Everyone knows that when supply and demand are evenly balanced, the relative value of any product is accurately determined by the quantity of labor embodied in it, that is to say, that this relative value expresses the proportional relation precisely in the sense we have just attached to it. M. Proudhon inverts the order of thing. Begin, he says, by measuring the relative value of a product by the quantity of labor embodied in it, and supply and demand will infallibly balance one another. Production will correspond to consumption, the product will always be exchangeable.

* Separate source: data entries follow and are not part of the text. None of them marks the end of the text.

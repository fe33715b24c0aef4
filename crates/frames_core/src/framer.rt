//! Cuts a stream of bytes into frames.

ghost use Rattle.std.specs.Prelude.{◌≡◌, ℕ, ◌+◌, ◌^◌, ◌<◌, ◌≤◌, [], ◌++◌, length, take, slice_index, min, vec_len, vec_capacity, None, Some, IfOk, MatchOption, IsTrue, IsNone, IfSome, is_some, false};
ghost use Rattle.envelope.specs.Envelope.{IsCall, bytes_of, frame, IsReply, reply_bytes_of, reply};
ghost use Rattle.envelope.specs.Grammar.{BeginsFrame, IsFrame, IsUnbroken, IsUnfinished};
ghost use Rattle.envelope.specs.declared.kind.FrameKind.TheVariants.{Calls, Replies};
ghost use Rattle.envelope.specs.Head.{IsShort, IsWhole, most_frame};
ghost use Rattle.frames_core.specs.Holding.{IsBreakIn, IsFaultIn};
ghost use Rattle.frames_core.specs.Framer.{CutterState, begun, IsSettledAs, IsCutShortAs, cut_with};

use crate::prefix::{each_fits, take_prefix};
use envelope::{Call, Fault, FrameFault, Part, Reply, ReplyFault, call_of, reply_of};
use std::alloc::{AllocError, Global};
use std::marker::Model;

/// Cuts a stream of bytes, which comes in pieces of any size, into frames. The frames are calls if `F` is
/// [`FrameFault`], and replies if `F` is [`ReplyFault`].
///
/// `new` allocates one buffer for the longest frame, and no later call allocates. Appending to a buffer with
/// enough room cannot fail, so no other function returns an error for memory.
///
/// Contracts see a cutter as three values: the length in bytes of all frames that were discarded (`past`),
/// the bytes taken since then (`held`), and the fault of the stream (`fault`). Once a fault is known, it
/// never changes.
#[derive(Drop)]
pub struct Cutter<F: Fault> {
    buffer: Vec<u8>,
    past: u64,
    known: Option<F>,
    // True if the held bytes are a complete frame, so that its head need not be read again.
    whole: bool,
}

/// Cuts a stream into calls, for a server. Its buffer has room for
/// [`MAX_FRAME_BYTES`](envelope::MAX_FRAME_BYTES) bytes, the longest frame of a call.
pub type Framer = Cutter<FrameFault>;

/// Cuts a stream into replies, for a client. Its buffer has room for
/// [`MAX_REPLY_BYTES`](envelope::MAX_REPLY_BYTES) bytes, the longest frame of a reply.
pub type ReplyFramer = Cutter<ReplyFault>;

impl<F: Fault> Model for Cutter<F> {
    ghost use Rattle.std.specs.Prelude.{◌≤◌, vec_capacity};
    ghost use Rattle.frames_core.specs.Framer.{CutterState};
    ghost use Rattle.envelope.specs.Head.{most_frame};
    ghost use Rattle.frames_core.specs.Holding.{Holds, Marks};

    ghost Value = { CutterState F };

    ghost view = { λ f. record { past = f.past; held = f.buffer.items; fault = f.known } };

    ghost invariant = { λ f. (most_frame F.kind ≤ vec_capacity f.buffer)
        × Holds F.kind F.wrong_part F.place f.past f.buffer.items f.known
        × Marks F.kind f.buffer.items f.known f.whole };
}

impl<F: Fault> Cutter<F> {
    /// Makes a cutter for a new stream, and allocates all the memory that the cutter will need. Fails if
    /// memory is refused.
    pub fn new(alloc: Global) -> Result<Cutter<F>, AllocError>
        ensures empty { IfOk result (λ f. f ≡ begun) }
        ensures open { IfOk result (λ f. IsUnfinished F.kind f.held) }
    {
        let buffer = Vec::with_capacity(alloc, F::kind().most_frame())?;
        Ok(Cutter {
            buffer,
            past: 0,
            known: None,
            whole: false,
        })
    }

    /// Returns the number of bytes that were taken since the start of the stream.
    pub fn taken(&self) -> u64
        ensures value { result ≡ self.now.past + length self.now.held }
        ensures bounded { result < 2 ^ 63 }
    {
        self.past + self.buffer.len() as u64
    }

    /// Returns the fault of the stream, or `None` while no fault is known. The place in the fault is counted
    /// from the start of the stream.
    pub fn fault(&self) -> Option<F>
        ensures value { result ≡ self.now.fault }
        ensures exact { MatchOption result (IsUnbroken F.kind self.now.held)
            (λ f. IsFaultIn F.kind self.now.past self.now.held (F.wrong_part f) (F.place f)) }
    {
        self.known
    }

    // Returns the held bytes if they are a complete frame, otherwise `None`.
    #[inline(always)]
    fn whole_frame(&self) -> Option<&[u8]>
        ensures value { IfSome result (λ bytes. (bytes.now ≡ self.now.held) × IsUnbroken F.kind bytes.now
            × IsWhole F.kind bytes.now × (self.now.fault ≡ None)) }
        ensures frame { IsTrue (is_some result) → IsFrame F.kind self.now.held }
        ensures none { IsNone result → ¬ BeginsFrame F.kind self.now.held }
        ensures short { IsNone result → self.now.fault ≡ None → IsUnbroken F.kind self.now.held
            × IsShort F.kind self.now.held }
    {
        if !self.whole {
            return None;
        }
        let held = self.buffer.as_slice();
        each_fits(held);
        Some(held)
    }

    /// Discards the complete frame, so that the next frame can be taken. Does nothing if no frame is
    /// complete.
    #[inline(always)]
    pub fn next_frame(&mut self)
        ensures given_up { IsFrame F.kind self.old.held
            → self.new ≡ record { past = self.old.past + length self.old.held; held = []; fault = None } }
        ensures open { IsFrame F.kind self.old.held → IsUnfinished F.kind self.new.held }
        ensures kept { ¬ IsFrame F.kind self.old.held → self.new ≡ self.old }
    {
        if self.whole_frame().is_some() {
            self.past += self.buffer.len() as u64;
            self.buffer.clear();
            self.whole = false;
        }
    }

    /// Ends the input. If a frame has begun and is not complete, and no fault is known, the fault
    /// `EndOfInput` becomes known. Otherwise nothing changes.
    pub fn end(&mut self)
        ensures ends { IsCutShortAs F.kind self.old → self.new ≡ cut_with F.cut_at self.old }
        ensures kept { ¬ IsCutShortAs F.kind self.old → self.new ≡ self.old }
    {
        if self.known.is_none() && !self.buffer.is_empty() && self.whole_frame().is_none() {
            self.known = Some(F::of(Part::Missing, self.taken()));
        }
    }

    // Returns true if no more bytes are taken, because a frame is complete or a fault is known.
    #[inline(always)]
    fn is_settled(&self) -> bool
        ensures settled { IsTrue result → IsSettledAs F.kind self.now }
        ensures open { (result ≡ false) → (self.now.fault ≡ None) × IsUnbroken F.kind self.now.held
            × IsShort F.kind self.now.held }
    {
        self.known.is_some() || self.whole_frame().is_some()
    }

    /// Takes bytes of the piece up to the end of one frame, or up to the byte that makes a fault known. If
    /// the piece has neither, takes all of it. Returns the number of bytes that were taken. If a frame is
    /// complete or a fault is known before the call, takes no bytes.
    ///
    /// The stream must have fewer than 2^63 bytes: the bytes that were taken since its start, and the bytes
    /// of the piece.
    #[inline(always)]
    pub fn feed(&mut self, piece: &[u8]) -> usize
        requires room { self.old.past + length self.old.held + length piece.now < 2 ^ 63 }
        ensures within { result ≤ length piece.now }
        ensures past { self.new.past ≡ self.old.past }
        ensures held { self.new.held ≡ self.old.held ++ take result piece.now }
        // Takes the shortest prefix of the piece that completes a frame or makes a fault known. If there is
        // no such prefix, takes the whole piece.
        ensures least { (k : ℕ) → k < result → IsUnfinished F.kind (self.old.held ++ take k piece.now) }
        ensures all { result < length piece.now → IsSettledAs F.kind self.new }
        // A fault that becomes known comes from the bytes, and not from an end of the input.
        ensures known { self.old.fault ≡ None
            → IfSome self.new.fault (λ f. IsBreakIn F.kind self.new.past self.new.held (F.wrong_part f)
            (F.place f)) }
        // A prefix of a frame is shorter than the longest frame.
        ensures bounded { self.new.fault ≡ None → IsUnfinished F.kind self.new.held
            → length self.new.held < most_frame F.kind }
        // Nothing is taken while a frame is complete or after a fault.
        ensures settled { IsSettledAs F.kind self.old → result ≡ 0 }
        ensures idle { result ≡ 0 → self.new ≡ self.old }
    {
        if self.is_settled() {
            return 0;
        }
        let prefix = take_prefix(F::kind(), &mut self.buffer, piece);
        each_fits(self.buffer.as_slice());
        self.whole = prefix.whole;
        if let Some(flaw) = prefix.flaw {
            self.known = Some(F::of(flaw.part, self.past + flaw.at as u64));
        }
        prefix.count
    }
}

impl Cutter<FrameFault> {
    /// Returns the call whose frame is complete, borrowed from the buffer, or `None` if no frame is complete.
    pub fn frame(&self) -> Option<Call<'_>>
        ensures { MatchOption result (¬ BeginsFrame Calls self.now.held) (λ call. IsCall (bytes_of call)
            × (self.now.held ≡ frame (bytes_of call))) }
    {
        Some(call_of(self.whole_frame()?))
    }
}

impl Cutter<ReplyFault> {
    /// Returns the reply whose frame is complete, borrowed from the buffer, or `None` if no frame is
    /// complete.
    pub fn reply(&self) -> Option<Reply<'_>>
        ensures { MatchOption result (¬ BeginsFrame Replies self.now.held) (λ r. IsReply (reply_bytes_of r)
            × (self.now.held ≡ reply (reply_bytes_of r))) }
    {
        Some(reply_of(self.whole_frame()?))
    }
}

Its current price will express exactly its true value. Instead of saying like everyone else: when the weather is fine, a lot of people are to be seen going out for a walk. M. Proudhon makes his people go out for a walk in order to be able to ensure them fine weather.
What M. Proudhon gives as the consequence of marketable value determined a priori by labor time could be justified only by a law couched more or less in the following terms:
Products will in future be exchanged in the exact ratio of the labor time they have cost. Whatever may be the proportion of supply to demand, the exchange of commodities will always be made as if they had been produced proportionately to the demand. Let M. Proudhon take it upon himself to formulate and lay down such a law, and we shall relieve him of the necessity of giving proofs. If, on the other hand, he insists on justifying his theory, not as a legislator, but as an economist, he will have to prove that the time needed to create a commodity indicates exactly the degree of its utility and marks its proportional relation to the demand, and in consequence, to the total amount of wealth. In this case, if a product is sold at a price equal to its cost of production, supply and demand will always be evenly balanced; for the cost of production is supposed to express the true relation between supply and demand.
Actually, M. Proudhon sets out to prove that labor time needed to create a product indicates its true proportional relation to needs, so that the things whose production costs the least time are the most immediately useful, and so on, step by step. The mere production of a luxury object proves at once, according to this doctrine, that society has spare time which allows it to satisfy a need for luxury.
M. Proudhon finds the very proof of his thesis in the observation that the most useful things cost the least time to produce, that society always begins with the easiest industries and successively "starts on the production of objects which cost more labor time and which correspond to a higher order of needs."M. Proudhon borrows from M. Dunoyer the example of extractive industry -- fruit-gathering, pasturage, hunting, fishing, etc. -- which is the simplest, the least costly of industries, and the one by which man began "the first day of his second creation". The first day of his first creation is recorded in Genesis, which shows God as the world's first manufacturer.
Things happen in quite a different way from what M. Proudhon imagines.
The very moment civilization begins, production begins to be founded on the antagonism of orders, estates, classes, and finally on the antagonism of accumulated labor and actual labor. No antagonism, no progress. This is the law that civilization has followed up to our days. Till now the productive forces have been developed by virtue of this system of class antagonisms. To say now that, because all the needs of all the workers were satisfied, men could devote themselves to the creation of products of a higher order -- to more complicated industries -- would be to leave class antagonism out of account and turn all historical development upside down. It is like saying that because, under the Roman emperors, muraena were fattened in artificial fishponds, therefore there was enough to feed abundantly the whole Roman population. Actually, on the contrary, the Roman people had not enough to buy bread with, while the Roman aristocrats had slaves enough to throw as fodder to the muraena.
The price of food has almost continuously risen, while the price of manufactured and luxury goods has almost continuously fallen. Take the agricultural industry itself; the most indispensable objects, like corn, meat, etc., rise in price, while cotton, sugar, coffee, etc., fall in a surprising proportion. And even among comestibles proper, the luxury articles, like artichokes, asparagus, etc., are today relatively cheaper than foodstuffs of prime necessity. In our age, the superfluous is easier to produce than the necessary. Finally, at different historical epochs, the reciprocal price relations are not only different, but opposed to one another. In the whole of the Middle Ages, agricultural products were relatively cheaper than manufactured products; in modern times they are in inverse ratio.
Does this mean that the utility of agricultural products has diminished since the Middle Ages?
The use of products is determined by the social conditions in which the consumers find themselves placed, and these conditions themselves are based on class antagonism.
Cotton, potatoes and spirits are objects of the most common use.
Potatoes have engendered scrofula; cotton has to a great extent driven out flax and wool, although wool and flax are, in many cases, of greater utility, if only from the point of view of hygiene; finally, spirits have got the upper hand of beer and wine, although spirits used as an alimentary substance are everywhere recognized to be poison. For a whole century, governments struggled in vain against the European opium; economics prevailed, and dictated its orders to consumption.
Why are cotton, potatoes and spirits the pivots of bourgeois society?